FIG. 1 illustrates an aircraft 3 and its associated configuration log 6.
FIG. 2 illustrates a sequence of changes which occur to the configuration log 6.
FIG. 3 illustrates graphically the concept that different versions of the maintenance log 6 arise over time.
FIG. 4 illustrates graphically the concept that database records are associated with each version.
FIG. 5 illustrates how the versions can be used to locate bitmaps 40 of the paper documents.
FIG. 6 illustrates one form of the invention.
FIG. 7 is a flow chart illustrating procedures undertaken by one form of the invention.
 Every time the configuration log 6 is modified, a new version of the configuration log comes into existence. FIG. 3 illustrates the situation graphically. As time progresses, multiple versions 30, 33, 36, and 39 of the configuration log 6 come into existence. All of these versions are kept in existence, and are stored as a text-searchable collection of data, or database.
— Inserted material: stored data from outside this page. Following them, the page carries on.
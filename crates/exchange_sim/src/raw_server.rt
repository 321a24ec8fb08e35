//! A server that keeps no rules.

use crate::port::Port;
use crate::stream::{Heard, hear, say};
use std::io::{Read, Write};

/// How many bytes of a client are dropped at once.
const MOST_DROPPED: usize = 1_024;

/// Waits for a client and its first byte, for so many turns of ten milliseconds at most; then writes these bytes, in
/// order, whatever comes, and closes the connection once the client has, or the turns are over. It says whether the
/// client took them all.
pub fn serve_raw(port: &mut Port, frames: &[Vec<u8>], turn_limit: u64) -> bool {
    let mut client = None;
    for turn in 0..turn_limit {
        client = match client {
            Some(mut stream) => match first_byte(&mut stream) {
                Heard::Bytes(_) => {
                    let is_taken = write_frames(&mut stream, port, frames);
                    wait_for_end(&mut stream, port, turn_limit - turn);
                    return is_taken;
                }
                Heard::Nothing => {
                    port.rest();
                    Some(stream)
                }
                Heard::Gone => None,
            },
            None => port.next_client(),
        };
    }
    false
}

/// Reads a byte, if one came.
fn first_byte<S: Read>(stream: &mut S) -> Heard {
    let mut buf = [0; 1];
    hear(stream, &mut buf)
}

/// Writes all frames, and says whether they were taken.
fn write_frames<S: Write>(stream: &mut S, port: &mut Port, frames: &[Vec<u8>]) -> bool {
    frames
        .iter()
        .all(|frame| writes_whole(stream, port, frame.as_slice()))
}

/// Writes all of these bytes, and says whether they were taken.
fn writes_whole<S: Write>(stream: &mut S, port: &mut Port, bytes: &[u8]) -> bool {
    let mut rest = bytes;
    for _ in 0..u64::MAX {
        if rest.is_empty() {
            return true;
        }
        match say(stream, rest) {
            Some(0) => port.rest(),
            Some(count) => rest = rest.split_at(count).1,
            None => return false,
        }
    }
    false
}

/// Drops what comes until the client has gone, for so many turns.
fn wait_for_end<S: Read>(stream: &mut S, port: &mut Port, most_turns: u64) {
    let mut buf = [0; MOST_DROPPED];
    for _ in 0..most_turns {
        match hear(stream, &mut buf) {
            Heard::Bytes(_) => {}
            Heard::Nothing => port.rest(),
            Heard::Gone => return,
        }
    }
}
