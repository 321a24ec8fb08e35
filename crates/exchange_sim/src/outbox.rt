//! Bytes that wait to be sent.

ghost use Rattle.std.specs.Prelude.{◌≡◌, ◌++◌, [], drop, OnOk, OnErr};

use std::alloc::{AllocError, Global};
use std::marker::Model;

/// Bytes that wait to be sent, in order.
#[derive(Drop)]
pub struct Outbox {
    bytes: Vec<u8>,
    // How many of these were sent.
    sent: usize,
}

impl Model for Outbox {
    ghost use Rattle.std.specs.Prelude.{ℕ, List, ◌≤◌, length, drop};

    ghost Value = { List ℕ };

    ghost view = { λ outbox. drop outbox.sent outbox.bytes.items };

    ghost invariant = { λ outbox. outbox.sent ≤ length outbox.bytes.items };
}

impl Outbox {
    /// Nothing waits. It takes no memory.
    pub fn new(alloc: Global) -> Outbox
        ensures { result ≡ [] }
    {
        Outbox {
            bytes: Vec::new(alloc),
            sent: 0,
        }
    }

    /// The bytes that wait.
    pub fn waiting(&self) -> &[u8]
        ensures { result.now ≡ self.now }
    {
        self.bytes.as_slice().split_at(self.sent).1
    }

    /// Puts bytes behind those that wait. The only refusal is out of memory.
    pub fn put(&mut self, bytes: &[u8]) -> Result<(), AllocError>
        ensures ok { OnOk result (self.new ≡ self.old ++ bytes.now) }
        ensures err { OnErr result (self.new ≡ self.old) }
    {
        self.bytes.extend_from_slice(bytes)
    }

    /// So many of the bytes were sent, or all of them if fewer wait. Once nothing waits their room is used again.
    pub fn pass(&mut self, count: usize)
        ensures { self.new ≡ drop count self.old }
    {
        if count < self.bytes.len() - self.sent {
            self.sent += count;
        } else {
            self.bytes.clear();
            self.sent = 0;
        }
    }

    /// Nothing waits any more.
    pub fn clear(&mut self)
        ensures { self.new ≡ [] }
    {
        self.bytes.clear();
        self.sent = 0;
    }
}
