//! The turns of a day.

use std::fmt;
use trial::Order;

/// A report on the first leg of sweep 1, under its ExecID (17).
#[derive(Clone, Copy, Debug)]
pub enum Reported {
    /// A trade of so many shares at ten dollars.
    Trade(u64),
    /// The rest is cancelled.
    Canceled,
}

/// A turn of a day. Venues are counted from 0.
#[derive(Clone, Copy, Debug)]
pub enum Turn {
    Release(&'static [Order]),
    Raise(usize),
    Lower(usize),
    Pump(usize),
    /// So many legs, or as many as the ring has.
    Pop { venue: usize, legs: u64 },
    /// The same, and each is withdrawn in the book.
    Drop { venue: usize, legs: u64 },
    Book { exec: &'static str, says: Reported },
}

impl fmt::Display for Turn {
    fn fmt<W: fmt::Write>(&self, f: &mut fmt::Formatter<W>) -> fmt::Result {
        match self {
            Turn::Release(orders) => {
                let legs = orders.len();
                write!(f, "release {legs}")
            }
            Turn::Raise(venue) => write!(f, "raise {venue}"),
            Turn::Lower(venue) => write!(f, "lower {venue}"),
            Turn::Pump(venue) => write!(f, "pump {venue}"),
            Turn::Pop { venue, legs } => write!(f, "pop {venue} {legs}"),
            Turn::Drop { venue, legs } => write!(f, "drop {venue} {legs}"),
            Turn::Book { exec, says } => match says {
                Reported::Trade(shares) => write!(f, "trade {shares} {exec}"),
                Reported::Canceled => write!(f, "cancel {exec}"),
            },
        }
    }
}
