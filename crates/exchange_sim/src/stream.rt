//! A client of a server, as a turn meets it.

ghost use Rattle.std.specs.Prelude.{◌≤◌, length, IfSome};
ghost use Rattle.exchange_sim.specs.Heard.{FitsIn};

use std::io::{ErrorKind, Read, Write};

/// What a client said in a turn.
#[derive(Clone, Copy, PartialEq, Eq)]
pub enum Heard {
    /// So many bytes, at the front of the buffer.
    Bytes(usize),
    /// Nothing yet.
    Nothing,
    /// Nothing any more: the client has gone, or the connection failed.
    Gone,
}

/// Reads once, without waiting.
pub fn hear<S: Read>(stream: &mut S, buf: &mut [u8]) -> Heard
    ensures { FitsIn buf.new result }
{
    match stream.read(buf) {
        Ok(0) => Heard::Gone,
        Ok(count) => Heard::Bytes(count),
        Err(e) if matches!(e.kind(), ErrorKind::WouldBlock | ErrorKind::Interrupted) => {
            Heard::Nothing
        }
        Err(_) => Heard::Gone,
    }
}

/// Writes once, without waiting, and says how many of the bytes the client took. None where it takes none any more.
pub fn say<S: Write>(stream: &mut S, bytes: &[u8]) -> Option<usize>
    ensures { IfSome result (λ count. count ≤ length bytes.now) }
{
    if bytes.is_empty() {
        return Some(0);
    }
    match stream.write(bytes) {
        Ok(0) => None,
        Ok(count) => Some(count),
        Err(e) if matches!(e.kind(), ErrorKind::WouldBlock | ErrorKind::Interrupted) => Some(0),
        Err(_) => None,
    }
}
 A single maintenance event is sufficient to cause the creation of a new version. Also, if multiple events are undertaken at the same time, the multiple events will cause the creation of a new version.
 For each maintenance event occurring on a component, paper documents are generated, as indicated by documents 21, 24, and 27 in FIG. 2. In practice today, the documents exist as paper forms in which blanks are filled by maintenance technicians. The documents may also be generated by computer, wherein the technicians type the necessary information using a keyboard. The computer prints the paper documents.
 As technology proceeds, other approaches, and other tangible media beside paper, are expected to come into existence. However, the documents possess the attribute that they are tangible, physical entities, and themselves cannot be transmitted as data, although their contents can be.
 Under the invention, the documents are digitized into bitmaps, as by using an optical digitizing scanner. The bitmaps map be compressed, and one type of compression will result in a so-called vector map. The bitmaps, whether compressed or not, will be called bitmaps herein. Each bitmap, which is a file or collection of data, is stored in a record, as the term record is used in database parlance. FIG. 4 illustrates several examples.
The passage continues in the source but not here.